Exercise input Start Marker

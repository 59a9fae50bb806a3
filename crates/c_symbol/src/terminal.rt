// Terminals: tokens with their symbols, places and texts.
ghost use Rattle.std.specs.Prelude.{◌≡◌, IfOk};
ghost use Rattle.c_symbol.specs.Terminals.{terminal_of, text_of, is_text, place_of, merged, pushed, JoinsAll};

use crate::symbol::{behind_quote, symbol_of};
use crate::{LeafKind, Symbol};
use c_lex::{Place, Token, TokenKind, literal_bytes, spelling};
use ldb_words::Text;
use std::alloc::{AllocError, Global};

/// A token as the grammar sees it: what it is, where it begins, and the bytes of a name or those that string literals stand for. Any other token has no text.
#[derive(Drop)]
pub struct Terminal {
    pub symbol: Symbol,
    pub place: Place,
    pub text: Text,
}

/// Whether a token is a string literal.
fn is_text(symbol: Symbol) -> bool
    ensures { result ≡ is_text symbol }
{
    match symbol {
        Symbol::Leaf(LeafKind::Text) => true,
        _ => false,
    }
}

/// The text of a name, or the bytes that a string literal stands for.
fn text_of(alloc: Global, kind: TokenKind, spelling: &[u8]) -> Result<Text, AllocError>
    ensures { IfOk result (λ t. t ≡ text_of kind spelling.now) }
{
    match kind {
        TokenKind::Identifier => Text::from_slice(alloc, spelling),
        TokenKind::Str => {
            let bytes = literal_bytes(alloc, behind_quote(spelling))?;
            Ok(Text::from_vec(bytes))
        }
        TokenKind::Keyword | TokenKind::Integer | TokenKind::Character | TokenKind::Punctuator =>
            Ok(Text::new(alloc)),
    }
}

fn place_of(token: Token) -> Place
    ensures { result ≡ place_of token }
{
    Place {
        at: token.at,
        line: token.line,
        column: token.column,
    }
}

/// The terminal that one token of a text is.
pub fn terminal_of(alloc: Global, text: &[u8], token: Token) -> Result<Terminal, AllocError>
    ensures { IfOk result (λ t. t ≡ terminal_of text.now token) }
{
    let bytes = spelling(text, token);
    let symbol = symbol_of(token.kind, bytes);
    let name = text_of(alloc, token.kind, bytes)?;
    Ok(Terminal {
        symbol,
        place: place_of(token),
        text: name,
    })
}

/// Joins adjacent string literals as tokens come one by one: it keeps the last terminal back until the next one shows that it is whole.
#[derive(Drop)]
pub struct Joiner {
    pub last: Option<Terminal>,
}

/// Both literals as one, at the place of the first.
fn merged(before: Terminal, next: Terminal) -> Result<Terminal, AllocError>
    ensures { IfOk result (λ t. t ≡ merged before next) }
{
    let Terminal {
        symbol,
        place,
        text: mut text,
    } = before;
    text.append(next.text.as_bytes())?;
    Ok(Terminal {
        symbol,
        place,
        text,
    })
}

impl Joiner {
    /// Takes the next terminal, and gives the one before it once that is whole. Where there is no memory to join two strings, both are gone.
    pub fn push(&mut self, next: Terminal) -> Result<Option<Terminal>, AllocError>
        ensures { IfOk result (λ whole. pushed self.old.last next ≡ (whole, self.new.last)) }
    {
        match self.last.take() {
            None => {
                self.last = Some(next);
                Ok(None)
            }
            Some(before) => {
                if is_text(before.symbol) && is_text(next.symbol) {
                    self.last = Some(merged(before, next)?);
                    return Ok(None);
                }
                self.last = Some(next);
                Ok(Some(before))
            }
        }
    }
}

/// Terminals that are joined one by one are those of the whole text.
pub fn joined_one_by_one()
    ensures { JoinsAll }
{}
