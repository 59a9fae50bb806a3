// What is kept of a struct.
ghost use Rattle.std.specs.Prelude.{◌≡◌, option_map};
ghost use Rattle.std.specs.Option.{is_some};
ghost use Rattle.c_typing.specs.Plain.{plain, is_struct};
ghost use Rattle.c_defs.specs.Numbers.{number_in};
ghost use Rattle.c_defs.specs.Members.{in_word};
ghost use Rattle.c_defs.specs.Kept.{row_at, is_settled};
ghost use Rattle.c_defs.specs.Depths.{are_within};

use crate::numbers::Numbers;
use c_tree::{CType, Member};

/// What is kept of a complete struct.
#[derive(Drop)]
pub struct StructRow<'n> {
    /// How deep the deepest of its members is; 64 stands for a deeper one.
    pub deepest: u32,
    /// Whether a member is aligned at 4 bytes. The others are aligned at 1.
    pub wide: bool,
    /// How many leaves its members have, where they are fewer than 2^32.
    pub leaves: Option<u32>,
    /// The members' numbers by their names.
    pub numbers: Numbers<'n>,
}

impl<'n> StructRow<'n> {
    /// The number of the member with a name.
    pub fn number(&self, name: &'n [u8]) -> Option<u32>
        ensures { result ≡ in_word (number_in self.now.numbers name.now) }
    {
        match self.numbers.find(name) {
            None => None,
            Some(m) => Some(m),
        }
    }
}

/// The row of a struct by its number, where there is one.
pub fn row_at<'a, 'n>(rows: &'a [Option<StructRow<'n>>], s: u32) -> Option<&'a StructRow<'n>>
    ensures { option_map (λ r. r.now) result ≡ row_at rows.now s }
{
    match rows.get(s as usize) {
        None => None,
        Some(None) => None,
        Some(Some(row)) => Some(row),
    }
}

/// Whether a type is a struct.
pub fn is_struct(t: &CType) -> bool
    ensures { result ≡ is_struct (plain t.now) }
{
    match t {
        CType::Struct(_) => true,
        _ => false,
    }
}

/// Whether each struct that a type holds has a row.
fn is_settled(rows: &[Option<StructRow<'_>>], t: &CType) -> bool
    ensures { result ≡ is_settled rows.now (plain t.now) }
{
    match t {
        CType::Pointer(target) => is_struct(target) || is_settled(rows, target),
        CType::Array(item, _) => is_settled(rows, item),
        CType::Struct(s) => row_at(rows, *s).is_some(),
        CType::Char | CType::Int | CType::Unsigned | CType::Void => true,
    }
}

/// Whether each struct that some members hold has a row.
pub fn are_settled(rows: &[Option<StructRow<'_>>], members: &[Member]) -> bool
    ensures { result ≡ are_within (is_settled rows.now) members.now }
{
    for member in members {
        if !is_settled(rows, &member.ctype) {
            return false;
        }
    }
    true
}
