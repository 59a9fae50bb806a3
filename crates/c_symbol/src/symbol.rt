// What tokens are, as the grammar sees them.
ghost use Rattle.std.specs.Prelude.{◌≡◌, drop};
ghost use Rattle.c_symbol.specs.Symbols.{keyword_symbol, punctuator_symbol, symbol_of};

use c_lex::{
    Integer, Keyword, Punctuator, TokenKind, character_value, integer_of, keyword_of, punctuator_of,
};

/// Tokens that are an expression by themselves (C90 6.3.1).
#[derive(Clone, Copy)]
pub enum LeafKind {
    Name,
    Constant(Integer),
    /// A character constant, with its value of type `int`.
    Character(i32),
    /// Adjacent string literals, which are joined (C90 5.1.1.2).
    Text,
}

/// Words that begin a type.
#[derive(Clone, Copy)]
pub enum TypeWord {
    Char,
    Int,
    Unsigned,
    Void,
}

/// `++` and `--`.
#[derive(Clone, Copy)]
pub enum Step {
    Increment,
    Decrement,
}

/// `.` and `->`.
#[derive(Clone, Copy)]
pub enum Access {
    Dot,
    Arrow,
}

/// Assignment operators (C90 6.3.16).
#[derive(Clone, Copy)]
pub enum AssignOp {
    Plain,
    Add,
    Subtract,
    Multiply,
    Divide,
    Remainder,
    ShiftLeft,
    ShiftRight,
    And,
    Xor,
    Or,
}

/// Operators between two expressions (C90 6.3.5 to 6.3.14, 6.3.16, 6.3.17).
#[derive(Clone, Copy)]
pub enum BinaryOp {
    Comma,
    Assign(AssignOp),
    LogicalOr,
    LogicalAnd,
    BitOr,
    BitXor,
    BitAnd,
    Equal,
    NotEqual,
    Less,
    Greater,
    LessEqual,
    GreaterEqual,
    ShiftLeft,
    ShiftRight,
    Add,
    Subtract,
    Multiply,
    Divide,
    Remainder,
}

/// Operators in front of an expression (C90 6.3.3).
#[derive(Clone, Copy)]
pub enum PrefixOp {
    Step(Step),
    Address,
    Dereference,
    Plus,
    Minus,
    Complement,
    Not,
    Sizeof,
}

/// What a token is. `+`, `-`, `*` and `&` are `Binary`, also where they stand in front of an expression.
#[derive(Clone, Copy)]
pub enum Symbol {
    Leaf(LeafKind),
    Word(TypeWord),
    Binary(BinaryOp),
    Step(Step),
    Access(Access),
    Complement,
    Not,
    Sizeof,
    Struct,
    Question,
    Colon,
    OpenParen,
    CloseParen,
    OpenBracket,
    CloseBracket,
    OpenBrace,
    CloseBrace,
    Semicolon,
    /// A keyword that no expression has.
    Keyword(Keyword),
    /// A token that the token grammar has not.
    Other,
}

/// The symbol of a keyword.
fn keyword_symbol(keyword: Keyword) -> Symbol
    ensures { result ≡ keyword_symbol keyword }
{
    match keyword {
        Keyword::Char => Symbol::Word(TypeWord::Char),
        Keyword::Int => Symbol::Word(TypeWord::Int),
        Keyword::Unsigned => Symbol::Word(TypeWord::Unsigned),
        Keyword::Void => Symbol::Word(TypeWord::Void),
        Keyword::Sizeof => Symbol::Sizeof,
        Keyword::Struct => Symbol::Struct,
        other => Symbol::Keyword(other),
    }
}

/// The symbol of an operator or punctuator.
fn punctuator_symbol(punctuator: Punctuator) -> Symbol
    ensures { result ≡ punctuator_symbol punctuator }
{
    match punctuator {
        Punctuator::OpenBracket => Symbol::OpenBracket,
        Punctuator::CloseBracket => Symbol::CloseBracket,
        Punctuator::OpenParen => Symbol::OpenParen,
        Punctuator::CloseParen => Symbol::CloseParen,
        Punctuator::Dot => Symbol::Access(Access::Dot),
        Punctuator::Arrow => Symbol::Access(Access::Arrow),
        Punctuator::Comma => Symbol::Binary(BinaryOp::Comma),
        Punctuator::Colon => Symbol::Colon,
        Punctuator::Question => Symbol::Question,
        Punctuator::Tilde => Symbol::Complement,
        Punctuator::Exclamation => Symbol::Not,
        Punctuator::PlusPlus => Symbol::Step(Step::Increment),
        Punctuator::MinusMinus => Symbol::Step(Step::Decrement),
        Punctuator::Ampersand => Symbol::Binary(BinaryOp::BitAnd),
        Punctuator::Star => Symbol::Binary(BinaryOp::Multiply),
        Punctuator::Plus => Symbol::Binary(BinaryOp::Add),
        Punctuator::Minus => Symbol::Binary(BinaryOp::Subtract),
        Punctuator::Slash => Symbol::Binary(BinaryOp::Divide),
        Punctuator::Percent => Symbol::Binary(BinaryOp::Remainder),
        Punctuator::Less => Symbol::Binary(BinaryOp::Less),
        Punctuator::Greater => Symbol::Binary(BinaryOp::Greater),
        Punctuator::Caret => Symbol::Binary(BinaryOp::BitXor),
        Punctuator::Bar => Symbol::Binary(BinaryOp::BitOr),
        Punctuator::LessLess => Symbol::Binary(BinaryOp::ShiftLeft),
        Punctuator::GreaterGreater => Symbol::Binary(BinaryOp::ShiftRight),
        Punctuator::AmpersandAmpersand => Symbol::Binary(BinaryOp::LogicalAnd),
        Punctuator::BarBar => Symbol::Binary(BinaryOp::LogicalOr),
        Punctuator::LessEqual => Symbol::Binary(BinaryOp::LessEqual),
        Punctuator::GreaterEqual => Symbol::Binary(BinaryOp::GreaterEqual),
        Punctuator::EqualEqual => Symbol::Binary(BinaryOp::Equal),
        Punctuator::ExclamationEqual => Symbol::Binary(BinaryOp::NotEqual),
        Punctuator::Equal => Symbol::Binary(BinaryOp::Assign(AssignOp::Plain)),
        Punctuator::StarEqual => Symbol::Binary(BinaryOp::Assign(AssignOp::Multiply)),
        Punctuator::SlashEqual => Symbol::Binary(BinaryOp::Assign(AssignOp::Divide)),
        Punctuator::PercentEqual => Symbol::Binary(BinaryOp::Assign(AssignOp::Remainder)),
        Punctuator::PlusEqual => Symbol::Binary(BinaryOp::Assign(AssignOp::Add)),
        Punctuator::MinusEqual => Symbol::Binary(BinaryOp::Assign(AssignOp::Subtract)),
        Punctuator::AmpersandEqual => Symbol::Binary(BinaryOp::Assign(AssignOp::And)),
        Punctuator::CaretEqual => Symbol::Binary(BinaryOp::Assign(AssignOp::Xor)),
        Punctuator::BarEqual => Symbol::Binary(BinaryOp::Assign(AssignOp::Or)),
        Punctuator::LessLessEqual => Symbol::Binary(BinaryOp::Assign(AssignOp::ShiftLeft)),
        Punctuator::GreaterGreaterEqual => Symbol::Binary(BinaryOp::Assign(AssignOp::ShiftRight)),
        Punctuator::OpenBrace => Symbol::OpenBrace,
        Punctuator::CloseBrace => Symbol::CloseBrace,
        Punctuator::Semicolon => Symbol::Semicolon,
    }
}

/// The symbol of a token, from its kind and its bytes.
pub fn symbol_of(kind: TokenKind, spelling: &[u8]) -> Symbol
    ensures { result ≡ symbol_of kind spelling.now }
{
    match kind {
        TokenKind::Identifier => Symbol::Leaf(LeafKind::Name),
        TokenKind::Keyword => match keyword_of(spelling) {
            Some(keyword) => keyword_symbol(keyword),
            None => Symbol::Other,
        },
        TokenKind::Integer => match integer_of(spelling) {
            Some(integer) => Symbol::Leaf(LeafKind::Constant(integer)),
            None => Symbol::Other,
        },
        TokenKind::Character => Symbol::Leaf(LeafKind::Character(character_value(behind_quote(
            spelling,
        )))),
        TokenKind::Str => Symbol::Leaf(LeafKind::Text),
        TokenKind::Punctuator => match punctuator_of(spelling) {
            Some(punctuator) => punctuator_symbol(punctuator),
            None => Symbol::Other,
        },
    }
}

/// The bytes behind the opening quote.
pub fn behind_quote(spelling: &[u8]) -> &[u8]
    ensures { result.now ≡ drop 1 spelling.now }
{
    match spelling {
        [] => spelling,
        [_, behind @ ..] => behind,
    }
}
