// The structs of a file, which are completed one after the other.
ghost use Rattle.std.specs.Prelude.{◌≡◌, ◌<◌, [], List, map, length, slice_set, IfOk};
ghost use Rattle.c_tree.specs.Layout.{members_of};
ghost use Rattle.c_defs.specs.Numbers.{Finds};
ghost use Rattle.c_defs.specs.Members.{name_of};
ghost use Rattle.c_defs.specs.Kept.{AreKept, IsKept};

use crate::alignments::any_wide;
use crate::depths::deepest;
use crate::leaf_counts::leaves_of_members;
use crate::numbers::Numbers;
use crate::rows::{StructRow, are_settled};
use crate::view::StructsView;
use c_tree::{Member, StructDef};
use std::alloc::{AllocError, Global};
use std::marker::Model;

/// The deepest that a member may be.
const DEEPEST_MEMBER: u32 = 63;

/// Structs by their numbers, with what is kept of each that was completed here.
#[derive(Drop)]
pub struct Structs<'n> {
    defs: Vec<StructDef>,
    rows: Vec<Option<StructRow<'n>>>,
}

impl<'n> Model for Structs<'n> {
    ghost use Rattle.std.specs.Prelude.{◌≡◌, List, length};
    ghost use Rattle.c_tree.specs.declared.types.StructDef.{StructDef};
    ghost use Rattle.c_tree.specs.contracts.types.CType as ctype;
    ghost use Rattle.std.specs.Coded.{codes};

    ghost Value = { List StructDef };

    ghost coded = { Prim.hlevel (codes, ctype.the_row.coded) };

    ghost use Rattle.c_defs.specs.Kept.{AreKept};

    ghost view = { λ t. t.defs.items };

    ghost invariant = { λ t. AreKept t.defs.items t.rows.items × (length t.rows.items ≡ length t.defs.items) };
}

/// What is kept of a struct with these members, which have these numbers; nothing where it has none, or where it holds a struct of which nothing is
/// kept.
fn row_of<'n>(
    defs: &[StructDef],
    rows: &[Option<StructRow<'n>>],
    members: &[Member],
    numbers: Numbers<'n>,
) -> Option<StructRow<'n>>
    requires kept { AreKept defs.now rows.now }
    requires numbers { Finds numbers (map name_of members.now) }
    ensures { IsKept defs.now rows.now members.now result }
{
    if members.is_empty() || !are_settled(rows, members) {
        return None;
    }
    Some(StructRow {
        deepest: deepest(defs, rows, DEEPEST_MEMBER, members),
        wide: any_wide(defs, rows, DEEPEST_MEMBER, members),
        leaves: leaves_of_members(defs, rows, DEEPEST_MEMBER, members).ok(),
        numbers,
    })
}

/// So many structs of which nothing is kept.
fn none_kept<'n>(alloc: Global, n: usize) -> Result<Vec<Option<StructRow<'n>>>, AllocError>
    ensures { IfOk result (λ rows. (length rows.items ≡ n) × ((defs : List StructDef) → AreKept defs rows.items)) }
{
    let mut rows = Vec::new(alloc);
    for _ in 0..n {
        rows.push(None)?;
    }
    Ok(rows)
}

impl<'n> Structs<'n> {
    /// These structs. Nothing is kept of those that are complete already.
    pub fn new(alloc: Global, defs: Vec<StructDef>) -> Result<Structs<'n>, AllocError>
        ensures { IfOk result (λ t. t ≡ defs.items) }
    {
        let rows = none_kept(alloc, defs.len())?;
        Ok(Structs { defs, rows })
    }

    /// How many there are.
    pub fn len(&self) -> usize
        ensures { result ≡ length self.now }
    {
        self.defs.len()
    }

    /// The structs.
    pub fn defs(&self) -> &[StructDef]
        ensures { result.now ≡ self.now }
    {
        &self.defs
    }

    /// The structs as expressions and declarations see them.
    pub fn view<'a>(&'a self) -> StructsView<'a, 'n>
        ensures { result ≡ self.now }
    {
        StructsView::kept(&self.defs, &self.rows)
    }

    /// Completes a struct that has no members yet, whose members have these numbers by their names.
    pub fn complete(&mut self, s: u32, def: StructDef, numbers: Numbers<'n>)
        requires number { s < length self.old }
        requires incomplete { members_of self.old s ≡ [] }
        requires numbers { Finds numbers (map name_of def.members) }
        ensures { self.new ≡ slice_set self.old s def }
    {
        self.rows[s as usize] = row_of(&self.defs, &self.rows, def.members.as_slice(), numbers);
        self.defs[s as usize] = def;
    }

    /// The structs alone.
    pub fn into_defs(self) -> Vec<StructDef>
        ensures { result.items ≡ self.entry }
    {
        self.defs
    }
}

Exercise input End Marker

● Task to carry out: Please give only the count of lines above containing "JoinsAll".

● Exercise answer: 2